## PROBLEM REQUIREMENTS
Write out only the opening lines of the entries, through the line with "use gal_bits::Op;".

## DATA PROVIDED
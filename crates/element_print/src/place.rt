//! Where an expression stands, and how operators are written.
ghost use Rattle.std.specs.Prelude.{◌≡◌};
ghost use Rattle.element_lang.specs.Tree.{Tree};
ghost use Rattle.element_lang.specs.Surface.{named_expr};
ghost use Rattle.element_lang.specs.View.{expr_tree};
ghost use Rattle.element_print.specs.Printed as printed;

use element_lang::{Expr, Mark};
use gal_bits::Op;

/// Where an expression stands.
#[derive(Clone, Copy)]
pub enum Place {
    /// Between brackets, commas or other marks that can't be a part of it.
    Whole,
    /// Beside the symbol of an operator.
    Operand,
    /// Behind `~`.
    Turned,
}

/// The mark that an operator is written with.
pub(crate) fn mark_of(op: Op) -> Mark
    ensures { result ≡ printed.mark_of op }
{
    match op {
        Op::Add => Mark::Plus,
        Op::Sub => Mark::Minus,
        Op::Mul => Mark::Star,
        Op::Div => Mark::Slash,
        Op::Rem => Mark::Percent,
        Op::And => Mark::Ampersand,
        Op::Or => Mark::Bar,
        Op::Xor => Mark::Caret,
        Op::Not => Mark::Tilde,
        Op::Shl => Mark::ShiftLeft,
        Op::Shr => Mark::ShiftRight,
        Op::Eq => Mark::Equal,
        Op::Ne => Mark::NotEqual,
        Op::Lt => Mark::Less,
        Op::Le => Mark::AtMost,
        Op::Cast => Mark::Cast,
        Op::Select => Mark::Select,
        Op::Adjust => Mark::Adjust,
    }
}

fn is_infix(op: Op) -> bool
    ensures { result ≡ printed.is_infix op }
{
    !matches!(op, Op::Not | Op::Cast | Op::Select | Op::Adjust)
}

fn has_infix(e: &Expr) -> bool
    ensures { (m : Tree) → result ≡ printed.has_infix (named_expr m (expr_tree e.now)) }
{
    match e {
        Expr::Shift { .. } => true,
        Expr::Apply { op, .. } => is_infix(*op),
        _ => false,
    }
}

fn is_turned(e: &Expr) -> bool
    ensures { (m : Tree) → result ≡ printed.is_turned (named_expr m (expr_tree e.now)) }
{
    match e {
        Expr::Apply { op, .. } => matches!(op, Op::Not),
        _ => false,
    }
}

/// The grammar takes an expression there only in brackets.
pub(crate) fn needs_brackets(place: Place, e: &Expr) -> bool
    ensures { (m : Tree) → result ≡ printed.needs_brackets place (named_expr m (expr_tree e.now)) }
{
    match place {
        Place::Whole => false,
        Place::Operand => has_infix(e),
        Place::Turned => has_infix(e) || is_turned(e),
    }
}
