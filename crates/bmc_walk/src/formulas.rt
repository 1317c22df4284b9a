//! The rules of formulas.

ghost use Rattle.std.specs.Prelude.{IfOk, OnOk, map};
ghost use Rattle.gate_trait.specs.Built.{Keeps, AllIn};
ghost use Rattle.core_tree.specs.Trees.{term_of, claim_of, claim_list, negation, inside as lies_in, equal as equals, test as asks_for, every, connect, choose_claim, temporal, temporal_pair};
ghost use Rattle.bmc_stack.specs.Stored.{AreStored};
ghost use Rattle.bmc_places.specs.Stores.{Extends, Stays};
ghost use Rattle.bmc_walk.specs.Walked.{HasRow, AddsFront};
ghost use Rattle.bmc_walk.specs.Walks.{Walks};

use crate::walk::{Answer, Ground, Known, Walk, Wanted, part_row, part_sets};
use bmc_leaves::loops::loop_choices;
use bmc_places::round_rows::{self, next_row};
use bmc_places::rows::{if_else, iff, opposite};
use bmc_places::{equal_row, inside_row, tested_row};
use bmc_stack::windows::{both, constantly, moving};
use bmc_stack::{Store, TimeOperator};
use core_tree::{Connective, Expr, Formula, Quantity, TemporalBinary, TemporalUnary};
use gate_trait::{Gates, NodeList};
use std::alloc::AllocError;

/// Where `not f` holds.
pub fn not_row<
    G: Gates,
    F: for<'j> Fn(
        &'j Ground<'j>,
        &mut G,
        &mut Store,
        Wanted<'_>,
        &Known<'_>,
        u32,
    ) -> Result<Answer, AllocError>,
>(
    walk: &Walk<'_, F>,
    gates: &mut G,
    store: &mut Store,
    f: &Formula,
    known: &Known<'_>,
) -> Result<NodeList, AllocError>
    requires walks { Walks G.belongs G.node_value walk.now.deep (F.pre walk.now.run)
        (F.post walk.now.run) }
    requires stored { AreStored (G.belongs gates.old) store.old }
    ensures keeps { Keeps G.belongs G.node_value gates.old gates.new }
    ensures stored { OnOk result (AreStored (G.belongs gates.new) store.new) }
    ensures stays { OnOk result (Stays store.old store.new) }
    ensures belongs { IfOk result (λ row. AllIn (G.belongs gates.new) row) }
    ensures right { IfOk result (λ row. HasRow walk.now.ground.now known.now
        (G.node_value gates.old) (G.node_value gates.new) store.old.matrices.items
        (negation (claim_of f.now)) row) }
{
    let first = part_row(walk, gates, store, f, known)?;
    let row = opposite(walk.ground.alloc, gates, &first)?;
    Ok(row)
}
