//! Walks over expressions and formulas: whether what is chosen for their names are the readings of their roots.

ghost use Rattle.std.specs.Prelude.{◌≡◌, ◌+◌, take, true, IfOk, IfSome};
ghost use Rattle.syntax_tree.specs.declared.expr.Expr.{Expr};
ghost use Rattle.resolve_readings.specs.declared.meaning.Meaning.{Meaning as Meant};
ghost use Rattle.resolve_readings.specs.declared.meaning.What.TheVariants as what;
ghost use Rattle.resolve_rules.specs.Prepared.{tree_of};
ghost use Rattle.resolve_read.specs.At.{at_of, scope_of};
ghost use Rattle.resolve_read.specs.Reads.{AreRead, BoundReads, DeclsRead, IsRead, LinksRead, MayCall, Reads, RootReads, RowReads, StepsRead, ValuesRead};

use crate::draft::{Draft, columns_of, known_draft, let_draft, pair_draft, put_away, single_found};
use crate::leaves::reads_leaf;
use crate::locals::Locals;
use crate::meanings::column_of;
use crate::operators::{
    before_set, between, compared_by, is_logical, is_logical_row, is_sum, is_test, word_of,
};
use crate::products::product_of_decls;
use crate::root::reading;
use crate::spot::Spot;
use base_lists::Items;
use resolve_readings::{Binary, Meaning, RootPlace, Unary};
use resolve_types::{Columns, Member};
use std::alloc::{AllocError, Global};
use syntax_tree::{Access, Binding, Decl, Expr as Tree, Infix, Multiplicity};
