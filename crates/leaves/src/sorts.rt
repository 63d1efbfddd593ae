// The sort of a leaf that is a variable, by its name.
ghost use Rattle.std.specs.Prelude.{◌≡◌};
ghost use Rattle.rules.specs.Sorts.{sort_named, variable_sort};
ghost use Rattle.leaves.specs.Leaves.{colon_in, leaf_sort};

use rules::Sort;

// The sort of a name, None for a name that no sort has.
#[tactic(auto, using(crate::proofs::SortNames::unnamed, crate::proofs::SortNames::named_tam_nat), unfolding(rules::specs::Sorts::sort_named, rules::specs::Bytes::same))]
fn sort_named(name: &[u8]) -> Option<Sort>
    ensures { result ≡ sort_named name.now }
{
    match name {
        b"Pub" => Some(Sort::Pub),
        b"Fresh" => Some(Sort::Fresh),
        b"Msg" => Some(Sort::Msg),
        b"TamNat" => Some(Sort::TamNat),
        b"Node" => Some(Sort::Node),
        _ => None,
    }
}

// Where the first colon of a name stands. One call of the library: a function for any byte is no plainer.
fn colon(name: &[u8]) -> Option<usize>
    ensures { result ≡ colon_in name.now }
{
    name.iter().position(|b| *b == b':')
}

// What a leaf is: None for a name without a colon, else a variable, of the sort that is named after the first.
// An Option in an Option: an enum would be matched once.
pub fn leaf_sort(name: &[u8]) -> Option<Option<Sort>>
    ensures { result ≡ leaf_sort name.now }
{
    let at = colon(name)?;
    Some(sort_named(&name[at + 1..]))
}

// The sort of a variable.
pub fn variable_sort(name: &[u8]) -> Option<Sort>
    ensures { result ≡ variable_sort name.now }
{
    leaf_sort(name)?
}
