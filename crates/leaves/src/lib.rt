// Names of leaves and of atoms.
#![tactic(auto)]

pub mod sorts; // sorts.rt: the sort of a leaf that is a variable

ghost use Rattle.std.specs.Prelude.{◌≡◌};
ghost use Rattle.rules.specs.Names.{digit, letter, letter_name, all};
ghost use Rattle.leaves.specs.Leaves.{name_letter};

// The letter of atoms that a name is.
#[tactic(auto, unfolding(rules::specs::Names::letter_name, rules::specs::Names::letter))]
pub fn letter_of(name: &[u8]) -> Option<u8>
    ensures { result ≡ name_letter name.now }
{
    match name {
        [letter @ (b'p' | b'f' | b'c' | b't' | b'n')] => Some(*letter),
        _ => None,
    }
}

// Whether a name has digits alone.
pub fn all_digits(name: &[u8]) -> bool
    ensures { result ≡ all digit name.now }
{
    name.iter().all(|b| text::is_digit(*b))
}
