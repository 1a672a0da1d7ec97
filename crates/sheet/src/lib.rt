// No code: the starred lines of document 01's sheet stand in one table of specs/, under one statement.
#![tactic(auto)]
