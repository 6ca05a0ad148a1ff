//! `update`: adds samples (rrdupdate).
ghost use Rattle.std.specs.Prelude.{◌≡◌, IfOk, List, None, Option, Some, map, ℕ};
ghost use Rattle.rrd_tool.specs.Names.{found_of, rows_of};
ghost use Rattle.rrd_tool.specs.Words.{HasApp, sample_of, samples_of, time_of, update_app, update_of, value_of, Executes, Meets, each_of, or_fault};

use super::name::CommandName;
use crate::arguments::{letter_arg, many_arg, text_of, texts_of};
use crate::execution::Outcome;
use crate::fields::{Field, cut, or_fault, read_list};
use crate::{Command, LineFault, Part};
use clap::ArgMatches;
use rrd_base::{Database, Given, List, Sample, Update};
use rrd_fixed::{read_number, read_whole};
use std::alloc::{AllocError, Global};

/// Returns the shape of the command for clap.
pub(crate) fn shape<'a>(alloc: Global) -> Result<clap::Command<'a>, AllocError>
    ensures { IfOk result (HasApp update_app) }
{
    CommandName::Update
        .bare(alloc)
        .arg(letter_arg(alloc, "template", "template", 't'))?
        .arg(many_arg(alloc, "sample"))
}

// Parses the time of a sample; `N` is now (rrdupdate).
fn read_time(now: u64, text: &str) -> Option<u64>
    ensures { result ≡ time_of now text.now }
{
    if text == "N" {
        return Some(now);
    }
    read_whole(text.as_bytes())
}

// Parses a value of a sample; `U` is unknown.
impl Field for Given {
    ghost meaning = { value_of };

    fn read(text: &str) -> Option<Given> {
        if text == "U" {
            return Some(Given::Unknown);
        }
        let number = read_number(text.as_bytes())?;
        Some(Given::Number(number))
    }
}

// Parses the sample with this number: `time:value[:value..]`.
fn read_sample(alloc: Global, now: u64, number: u64, text: &str) -> Result<Sample, LineFault>
    ensures { Meets (or_fault Part.Sample number (sample_of now text.now)) result }
{
    let (time, values) = or_fault(Part::Sample, number, cut(text))?;
    let time = or_fault(Part::Sample, number, read_time(now, time))?;
    let values = read_list(alloc, Part::Sample, number, values)?;
    Ok(Sample { time, values })
}

fn samples(alloc: Global, now: u64, words: &[&str]) -> Result<List<Sample>, LineFault>
    ensures { Meets (each_of (sample_of now) Part.Sample 1 (map (λ w. w.now) words.now)) result }
{
    let mut samples = List::new(alloc);
    for (index, word) in words.iter().enumerate() {
        let sample = read_sample(alloc, now, index as u64 + 1, word)?;
        samples.push(sample)?;
    }
    Ok(samples)
}

/// Parses the values of the command's arguments.
pub(crate) fn read(alloc: Global, matches: &ArgMatches<'_>, now: u64) -> Result<Command, LineFault>
    ensures { Meets (update_of (rows_of (found_of matches.now)) now) result }
{
    let template = match text_of(matches, "template") {
        None => None,
        Some(text) => Some(read_list(alloc, Part::Template, 1, text)?),
    };
    let samples = match texts_of(matches, "sample") {
        None => List::new(alloc),
        Some(words) => samples(alloc, now, words)?,
    };
    Ok(Command::Update(Update { template, samples }))
}

/// Parses words of which none is an option: each is a sample.
pub(crate) fn read_samples(alloc: Global, words: &[&str], now: u64) -> Result<Command, LineFault>
    ensures { Meets (samples_of None (map (λ w. w.now) words.now) now) result }
{
    let samples = samples(alloc, now, words)?;
    Ok(Command::Update(Update {
        template: None,
        samples,
    }))
}

/// Adds the samples.
pub(crate) fn run(alloc: Global, mut database: Database, update: &Update) -> Outcome
    ensures { (c : Option (List ℕ)) → Executes (Some database) (Command.Update update.now) c c result }
{
    let updated = database.update(alloc, update);
    Outcome::of_change(database, updated)
}
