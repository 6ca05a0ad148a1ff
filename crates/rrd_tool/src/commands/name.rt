//! The names of the commands.
ghost use Rattle.std.specs.Prelude.{◌≡◌};
ghost use Rattle.rrd_tool.specs.Names.{new_app};
ghost use Rattle.rrd_tool.specs.Words.{HasApp, name_in, name_text};

use crate::fields::{Worded, named};
use std::alloc::Global;

/// The name of a command.
#[derive(Clone, Copy)]
pub(crate) enum CommandName {
    Create,
    Update,
    Fetch,
    Tune,
    Resize,
    First,
    Last,
    LastUpdate,
    Info,
    Revert,
}

/// All names, in the order in which clap has them.
pub(crate) const NAMES: [CommandName; 10] = [
    CommandName::Create,
    CommandName::Update,
    CommandName::Fetch,
    CommandName::Tune,
    CommandName::Resize,
    CommandName::First,
    CommandName::Last,
    CommandName::LastUpdate,
    CommandName::Info,
    CommandName::Revert,
];

impl Worded for CommandName {
    ghost word_of = { name_text };

    fn word(self) -> &'static str {
        match self {
            CommandName::Create => "create",
            CommandName::Update => "update",
            CommandName::Fetch => "fetch",
            CommandName::Tune => "tune",
            CommandName::Resize => "resize",
            CommandName::First => "first",
            CommandName::Last => "last",
            CommandName::LastUpdate => "lastupdate",
            CommandName::Info => "info",
            CommandName::Revert => "revert",
        }
    }
}

impl CommandName {
    /// Returns the name that a word is; `None` for any other word.
    pub(crate) fn of(word: &str) -> Option<CommandName>
        ensures { result ≡ name_in word.now }
    {
        named(&NAMES, word)
    }

    /// Returns the shape of the command for clap, without its arguments.
    pub(crate) fn bare<'a>(self, alloc: Global) -> clap::Command<'a>
        ensures { HasApp (new_app (name_text self)) result }
    {
        let word: &'a str = self.word();
        clap::Command::new(alloc, word)
    }
}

## YOUR SOLUTION
filename crates/element_print/src/place.rt
//! Where an expression stands, and how operators are written.
ghost use Rattle.std.specs.Prelude.{◌≡◌};
ghost use Rattle.element_lang.specs.Tree.{Tree};
ghost use Rattle.element_lang.specs.Surface.{named_expr};
ghost use Rattle.element_lang.specs.View.{expr_tree};
ghost use Rattle.element_print.specs.Printed as printed;

use element_lang::{Expr, Mark};
use gal_bits::Op;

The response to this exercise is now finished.